**Work task**: Once the line containing "filename crates/fq_expr/src/naming.rt" is found in the records below, return it and each following line exactly, up to and including the line containing "is the first", and nothing else.

======== Stored data

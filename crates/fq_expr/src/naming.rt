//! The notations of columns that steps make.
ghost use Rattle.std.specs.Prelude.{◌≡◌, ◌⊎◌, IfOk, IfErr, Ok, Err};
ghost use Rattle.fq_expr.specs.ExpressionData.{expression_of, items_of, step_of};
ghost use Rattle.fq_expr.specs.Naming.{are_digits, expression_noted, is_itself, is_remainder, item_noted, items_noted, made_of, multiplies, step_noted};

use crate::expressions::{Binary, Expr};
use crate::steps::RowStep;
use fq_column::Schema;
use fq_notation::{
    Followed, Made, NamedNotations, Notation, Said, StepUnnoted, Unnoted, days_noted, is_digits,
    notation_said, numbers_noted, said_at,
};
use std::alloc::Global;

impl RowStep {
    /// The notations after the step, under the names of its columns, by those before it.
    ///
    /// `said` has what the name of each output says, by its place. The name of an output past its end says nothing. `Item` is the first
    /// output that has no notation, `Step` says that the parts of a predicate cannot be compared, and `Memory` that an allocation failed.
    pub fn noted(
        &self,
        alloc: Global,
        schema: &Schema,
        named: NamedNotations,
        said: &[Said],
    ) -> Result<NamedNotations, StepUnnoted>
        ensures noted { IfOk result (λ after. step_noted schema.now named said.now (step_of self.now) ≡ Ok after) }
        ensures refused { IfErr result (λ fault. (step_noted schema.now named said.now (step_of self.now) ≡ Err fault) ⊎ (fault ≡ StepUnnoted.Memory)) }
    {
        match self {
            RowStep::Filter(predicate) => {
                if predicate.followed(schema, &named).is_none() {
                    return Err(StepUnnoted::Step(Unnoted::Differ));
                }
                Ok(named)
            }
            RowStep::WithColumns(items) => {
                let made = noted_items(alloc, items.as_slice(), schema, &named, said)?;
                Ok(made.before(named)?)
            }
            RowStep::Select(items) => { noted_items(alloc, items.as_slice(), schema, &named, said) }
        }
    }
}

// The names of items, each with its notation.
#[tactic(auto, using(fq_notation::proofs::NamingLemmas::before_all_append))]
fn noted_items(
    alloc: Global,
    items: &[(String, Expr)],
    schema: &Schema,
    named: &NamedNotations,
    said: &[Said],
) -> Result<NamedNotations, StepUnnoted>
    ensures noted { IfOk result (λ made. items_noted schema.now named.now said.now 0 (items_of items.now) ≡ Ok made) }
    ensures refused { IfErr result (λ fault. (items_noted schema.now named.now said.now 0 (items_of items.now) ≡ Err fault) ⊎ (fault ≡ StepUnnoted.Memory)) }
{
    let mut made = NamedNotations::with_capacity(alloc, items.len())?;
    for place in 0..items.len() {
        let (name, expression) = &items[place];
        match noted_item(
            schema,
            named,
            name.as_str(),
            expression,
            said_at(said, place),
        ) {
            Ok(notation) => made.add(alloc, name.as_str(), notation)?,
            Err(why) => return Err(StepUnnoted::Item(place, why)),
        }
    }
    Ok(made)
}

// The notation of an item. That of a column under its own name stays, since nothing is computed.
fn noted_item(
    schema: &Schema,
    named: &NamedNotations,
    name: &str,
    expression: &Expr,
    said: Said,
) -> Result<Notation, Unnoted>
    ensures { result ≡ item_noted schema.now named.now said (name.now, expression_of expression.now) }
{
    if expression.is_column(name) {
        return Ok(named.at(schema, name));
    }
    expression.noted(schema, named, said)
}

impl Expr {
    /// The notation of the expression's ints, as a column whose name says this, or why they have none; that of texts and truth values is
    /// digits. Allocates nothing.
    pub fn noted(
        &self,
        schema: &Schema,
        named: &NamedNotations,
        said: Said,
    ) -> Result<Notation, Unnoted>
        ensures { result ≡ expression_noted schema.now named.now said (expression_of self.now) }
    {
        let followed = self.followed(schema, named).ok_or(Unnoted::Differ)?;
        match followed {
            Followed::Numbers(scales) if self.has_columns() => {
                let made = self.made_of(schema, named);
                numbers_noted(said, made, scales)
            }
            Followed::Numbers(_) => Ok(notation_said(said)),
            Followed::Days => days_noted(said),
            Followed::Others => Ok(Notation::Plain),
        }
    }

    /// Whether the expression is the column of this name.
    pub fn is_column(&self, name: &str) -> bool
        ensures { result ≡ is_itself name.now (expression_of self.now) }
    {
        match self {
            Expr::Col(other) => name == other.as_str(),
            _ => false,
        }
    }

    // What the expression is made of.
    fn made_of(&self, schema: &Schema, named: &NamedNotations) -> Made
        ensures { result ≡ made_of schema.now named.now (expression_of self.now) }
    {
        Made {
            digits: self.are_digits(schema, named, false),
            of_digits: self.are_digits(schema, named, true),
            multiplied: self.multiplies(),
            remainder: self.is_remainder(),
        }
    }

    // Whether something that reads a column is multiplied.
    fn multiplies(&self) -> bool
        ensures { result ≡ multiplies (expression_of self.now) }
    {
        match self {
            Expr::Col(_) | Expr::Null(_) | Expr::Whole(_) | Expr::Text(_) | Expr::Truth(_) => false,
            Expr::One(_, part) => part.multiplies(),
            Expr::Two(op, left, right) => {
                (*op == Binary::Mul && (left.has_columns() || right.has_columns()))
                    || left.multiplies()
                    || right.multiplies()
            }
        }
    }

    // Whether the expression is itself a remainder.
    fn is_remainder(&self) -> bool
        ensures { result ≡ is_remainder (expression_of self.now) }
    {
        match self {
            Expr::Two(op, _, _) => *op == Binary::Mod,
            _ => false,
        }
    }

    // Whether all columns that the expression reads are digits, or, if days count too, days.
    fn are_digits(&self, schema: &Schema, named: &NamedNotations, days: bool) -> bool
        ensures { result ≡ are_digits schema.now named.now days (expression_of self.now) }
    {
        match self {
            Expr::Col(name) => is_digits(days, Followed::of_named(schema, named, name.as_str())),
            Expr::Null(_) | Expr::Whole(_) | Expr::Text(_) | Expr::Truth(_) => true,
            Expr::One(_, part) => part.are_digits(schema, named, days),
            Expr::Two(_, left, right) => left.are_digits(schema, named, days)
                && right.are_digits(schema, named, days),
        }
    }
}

================
======== Stored data

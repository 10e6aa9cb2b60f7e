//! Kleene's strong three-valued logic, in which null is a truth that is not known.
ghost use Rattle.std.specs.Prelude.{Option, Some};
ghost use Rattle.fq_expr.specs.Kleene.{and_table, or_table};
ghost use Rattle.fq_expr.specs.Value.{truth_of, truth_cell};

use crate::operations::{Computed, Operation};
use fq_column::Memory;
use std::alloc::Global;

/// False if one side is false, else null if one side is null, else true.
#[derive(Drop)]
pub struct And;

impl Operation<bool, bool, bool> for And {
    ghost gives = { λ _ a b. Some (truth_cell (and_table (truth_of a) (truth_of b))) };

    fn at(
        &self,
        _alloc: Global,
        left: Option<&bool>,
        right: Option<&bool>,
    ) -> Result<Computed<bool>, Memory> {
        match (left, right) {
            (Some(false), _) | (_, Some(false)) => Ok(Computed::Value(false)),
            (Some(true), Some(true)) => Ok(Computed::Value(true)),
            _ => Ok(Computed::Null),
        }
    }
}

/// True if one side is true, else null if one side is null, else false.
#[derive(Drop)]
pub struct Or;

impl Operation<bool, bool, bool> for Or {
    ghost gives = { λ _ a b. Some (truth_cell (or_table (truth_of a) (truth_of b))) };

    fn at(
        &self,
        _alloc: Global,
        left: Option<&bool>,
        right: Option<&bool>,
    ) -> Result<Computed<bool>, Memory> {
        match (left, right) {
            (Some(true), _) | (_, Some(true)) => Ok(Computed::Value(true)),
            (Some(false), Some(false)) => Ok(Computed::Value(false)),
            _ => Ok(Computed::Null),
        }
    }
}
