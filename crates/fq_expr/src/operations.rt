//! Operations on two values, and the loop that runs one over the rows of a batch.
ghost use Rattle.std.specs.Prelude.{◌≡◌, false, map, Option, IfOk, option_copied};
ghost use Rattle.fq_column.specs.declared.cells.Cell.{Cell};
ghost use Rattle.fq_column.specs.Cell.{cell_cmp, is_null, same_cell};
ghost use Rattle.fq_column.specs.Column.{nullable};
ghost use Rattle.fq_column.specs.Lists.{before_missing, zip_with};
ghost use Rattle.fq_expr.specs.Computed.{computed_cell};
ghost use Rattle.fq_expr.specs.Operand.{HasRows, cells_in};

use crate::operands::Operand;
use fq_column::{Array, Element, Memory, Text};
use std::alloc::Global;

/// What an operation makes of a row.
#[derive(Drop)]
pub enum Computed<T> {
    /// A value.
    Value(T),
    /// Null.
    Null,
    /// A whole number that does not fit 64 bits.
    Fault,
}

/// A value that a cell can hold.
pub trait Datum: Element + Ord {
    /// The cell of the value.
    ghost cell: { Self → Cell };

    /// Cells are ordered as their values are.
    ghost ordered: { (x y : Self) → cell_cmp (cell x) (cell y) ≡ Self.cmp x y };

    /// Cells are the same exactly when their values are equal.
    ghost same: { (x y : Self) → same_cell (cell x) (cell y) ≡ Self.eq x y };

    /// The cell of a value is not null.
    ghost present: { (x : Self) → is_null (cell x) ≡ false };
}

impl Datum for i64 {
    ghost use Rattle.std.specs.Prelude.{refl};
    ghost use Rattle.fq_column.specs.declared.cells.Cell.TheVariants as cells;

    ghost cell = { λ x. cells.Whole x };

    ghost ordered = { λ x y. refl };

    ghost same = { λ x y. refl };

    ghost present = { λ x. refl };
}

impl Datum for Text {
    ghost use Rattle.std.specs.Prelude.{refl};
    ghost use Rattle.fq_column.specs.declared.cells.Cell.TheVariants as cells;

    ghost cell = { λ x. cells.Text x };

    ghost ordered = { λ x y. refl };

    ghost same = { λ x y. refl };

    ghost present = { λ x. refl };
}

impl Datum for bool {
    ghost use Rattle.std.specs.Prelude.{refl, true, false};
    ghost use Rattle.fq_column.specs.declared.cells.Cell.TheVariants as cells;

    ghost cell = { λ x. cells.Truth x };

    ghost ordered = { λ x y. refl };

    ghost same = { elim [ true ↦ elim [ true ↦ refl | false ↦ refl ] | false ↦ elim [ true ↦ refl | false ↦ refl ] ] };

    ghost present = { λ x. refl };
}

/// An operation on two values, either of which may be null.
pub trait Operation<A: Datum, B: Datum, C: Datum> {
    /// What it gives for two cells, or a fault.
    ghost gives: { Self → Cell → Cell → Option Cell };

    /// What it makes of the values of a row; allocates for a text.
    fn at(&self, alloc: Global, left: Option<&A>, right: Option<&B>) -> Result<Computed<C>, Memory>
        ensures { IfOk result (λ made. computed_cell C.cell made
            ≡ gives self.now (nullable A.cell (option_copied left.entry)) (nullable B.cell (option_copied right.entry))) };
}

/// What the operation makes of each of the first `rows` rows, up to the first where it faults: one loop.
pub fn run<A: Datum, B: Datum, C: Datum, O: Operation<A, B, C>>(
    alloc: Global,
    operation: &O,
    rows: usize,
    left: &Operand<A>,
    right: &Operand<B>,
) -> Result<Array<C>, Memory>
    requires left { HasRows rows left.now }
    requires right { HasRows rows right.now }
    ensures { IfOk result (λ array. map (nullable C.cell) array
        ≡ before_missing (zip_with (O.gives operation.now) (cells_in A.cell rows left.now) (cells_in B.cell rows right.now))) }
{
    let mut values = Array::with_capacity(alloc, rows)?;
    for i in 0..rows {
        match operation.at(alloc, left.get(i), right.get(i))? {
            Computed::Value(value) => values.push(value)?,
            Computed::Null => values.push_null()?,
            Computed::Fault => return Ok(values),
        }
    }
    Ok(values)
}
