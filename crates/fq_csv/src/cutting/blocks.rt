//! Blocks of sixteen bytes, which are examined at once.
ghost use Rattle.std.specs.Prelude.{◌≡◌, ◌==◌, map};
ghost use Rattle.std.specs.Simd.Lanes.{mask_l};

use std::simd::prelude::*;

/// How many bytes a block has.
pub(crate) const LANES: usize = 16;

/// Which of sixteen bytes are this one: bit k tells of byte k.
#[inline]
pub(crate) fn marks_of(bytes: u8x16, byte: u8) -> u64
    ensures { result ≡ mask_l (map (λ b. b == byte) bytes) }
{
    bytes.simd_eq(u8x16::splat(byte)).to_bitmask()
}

================

**Exercise response**:
filename crates/fq_expr/src/naming.rt
//! The notations of columns that steps make.
ghost use Rattle.std.specs.Prelude.{◌≡◌, ◌⊎◌, IfOk, IfErr, Ok, Err};
ghost use Rattle.fq_expr.specs.ExpressionData.{expression_of, items_of, step_of};
ghost use Rattle.fq_expr.specs.Naming.{are_digits, expression_noted, is_itself, is_remainder, item_noted, items_noted, made_of, multiplies, step_noted};

use crate::expressions::{Binary, Expr};
use crate::steps::RowStep;
use fq_column::Schema;
use fq_notation::{
    Followed, Made, NamedNotations, Notation, Said, StepUnnoted, Unnoted, days_noted, is_digits,
    notation_said, numbers_noted, said_at,
};
use std::alloc::Global;

impl RowStep {
    /// The notations after the step, under the names of its columns, by those before it.
    ///
    /// `said` has what the name of each output says, by its place. The name of an output past its end says nothing. `Item` is the first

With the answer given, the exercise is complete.